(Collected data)
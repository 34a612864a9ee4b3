// Bytes that may be a record: their tests, which run over the bytes themselves, so that nothing is written before, and the line in them.
ghost use Rattle.std.specs.Prelude.{◌≡◌, ◌++◌, ◌+◌, ◌*◌, ◌≤◌, length, drop};
ghost use Rattle.answers.specs.Limits.{room_limit};
ghost use Rattle.line.specs.Test.{are_housed, is_once_each};
ghost use Rattle.stored.specs.Reading.{length_in, characters_in, glyphs_in, tags_in, homes_in, is_marked, is_known, is_other, is_own, is_record};
ghost use Rattle.stored.specs.Entries.{newest_version};

use crate::Lengths;
use answers::ROOM;
use line::valid;

// The newest version that is read.
const NEWEST: u16 = 2;

// Whether the mark stands at the start.
#[tactic(auto, unfolding(crate::specs::Reading::is_marked))]
fn is_marked(bytes: &[u8]) -> bool
    requires { 3 ≤ length bytes.now }
    ensures { result ≡ is_marked bytes.now }
{
    bytes[0] == 0x53 && bytes[1] == 0x4C && bytes[2] == 0x4E
}

#[tactic(auto, unfolding(crate::specs::Reading::is_known, crate::specs::Entries::newest_version))]
fn is_known(version: u16) -> bool
    ensures { result ≡ is_known newest_version version }
{
    1 <= version && version <= NEWEST
}

// Whether there is another version behind the mark.
#[tactic(auto, unfolding(crate::specs::Reading::is_other))]
pub fn is_other(bytes: &[u8]) -> bool
    ensures { result ≡ is_other newest_version bytes.now }
{
    5 <= bytes.len() && is_marked(bytes) && !is_known(parse::u16_at(bytes, 3))
}

// Whether the version has lines of this length.
#[tactic(auto, unfolding(crate::specs::Reading::is_own, answers::specs::Limits::room_limit))]
fn is_own(version: u16, used: usize) -> bool
    ensures { result ≡ is_own version used }
{
    version == crate::writing::version_of(used) && used <= ROOM
}

// Whether the tags of the record are 0 to `used` - 1 once each.
fn once_each(bytes: &[u8], used: usize) -> bool
    requires { (9 + used * 4 ≤ length bytes.now) × (used ≤ room_limit) }
    ensures { result ≡ is_once_each (tags_in bytes.now used) used }
{
    let mut seen = [0u64; valid::WORDS];
    for p in 0..used {
        let tag = parse::u16_at(bytes, 11 + p * 4);
        if used <= tag as usize || valid::has_seen(&seen, tag) {
            return false;
        }
        valid::mark(&mut seen, tag);
    }
    true
}

// Whether every home of the record is below the used length.
fn housed(bytes: &[u8], used: usize, characters: usize) -> bool
    requires { 9 + used * 4 + characters * 2 ≤ length bytes.now }
    ensures { result ≡ are_housed (homes_in bytes.now used characters) used }
{
    for c in 0..characters {
        let home = parse::u16_at(bytes, 9 + used * 4 + c * 2);
        if used <= home as usize {
            return false;
        }
    }
    true
}

// The head's numbers of places and characters.
pub(crate) fn lengths(bytes: &[u8]) -> Lengths
    requires { 9 ≤ length bytes.now }
    ensures { (result.used ≡ length_in bytes.now) × (result.characters ≡ characters_in bytes.now) }
{
    Lengths {
        used: parse::u16_at(bytes, 5) as usize,
        characters: parse::u16_at(bytes, 7) as usize,
    }
}

// Whether the bytes are a record, if their version is one that is known.
#[tactic(auto, using(crate::proofs::Tests::own_fits, crate::proofs::Tests::length_homes_in), unfolding(crate::specs::Reading::is_record, crate::specs::Record::size_of, line::specs::Test::is_legal))]
pub fn is_record(bytes: &[u8]) -> bool
    ensures { result ≡ is_record bytes.now }
{
    if bytes.len() < 9 {
        return false;
    }
    let Lengths { used, characters } = lengths(bytes);
    bytes.len() == 9 + used * 4 + characters * 2
        && is_marked(bytes)
        && is_own(parse::u16_at(bytes, 3), used)
        && characters <= used
        && housed(bytes, used, characters)
        && once_each(bytes, used)
}

// Glyph and tag of each place.
pub fn get_places(bytes: &[u8], glyphs: &mut [u16], tags: &mut [u16], used: usize)
    requires { (9 + used * 4 ≤ length bytes.now) × (used ≤ length glyphs.old) × (used ≤ length tags.old) }
    ensures glyphs { glyphs.new ≡ glyphs_in bytes.now used ++ drop used glyphs.old }
    ensures tags { tags.new ≡ tags_in bytes.now used ++ drop used tags.old }
{
    for p in 0..used {
        glyphs[p] = parse::u16_at(bytes, 9 + p * 4);
        tags[p] = parse::u16_at(bytes, 11 + p * 4);
    }
}

// The home of each character.
pub fn get_homes(bytes: &[u8], homes: &mut [u16], used: usize, characters: usize)
    requires { (9 + used * 4 + characters * 2 ≤ length bytes.now) × (characters ≤ length homes.old) }
    ensures { homes.new ≡ homes_in bytes.now used characters ++ drop characters homes.old }
{
    for c in 0..characters {
        homes[c] = parse::u16_at(bytes, 9 + used * 4 + c * 2);
    }
}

TASK ITEM =
Above this instruction are the records; retype exactly the lines from the one containing "let home = parse::u16_at(bytes, 9" up to and including the one containing "used: parse::u16_at(bytes, 5)".

EXERCISE ANSWER =
        let home = parse::u16_at(bytes, 9 + used * 4 + c * 2);
        if used <= home as usize {
            return false;
        }
    }
    true
}

// The head's numbers of places and characters.
pub(crate) fn lengths(bytes: &[u8]) -> Lengths
    requires { 9 ≤ length bytes.now }
    ensures { (result.used ≡ length_in bytes.now) × (result.characters ≡ characters_in bytes.now) }
{
    Lengths {
        used: parse::u16_at(bytes, 5) as usize,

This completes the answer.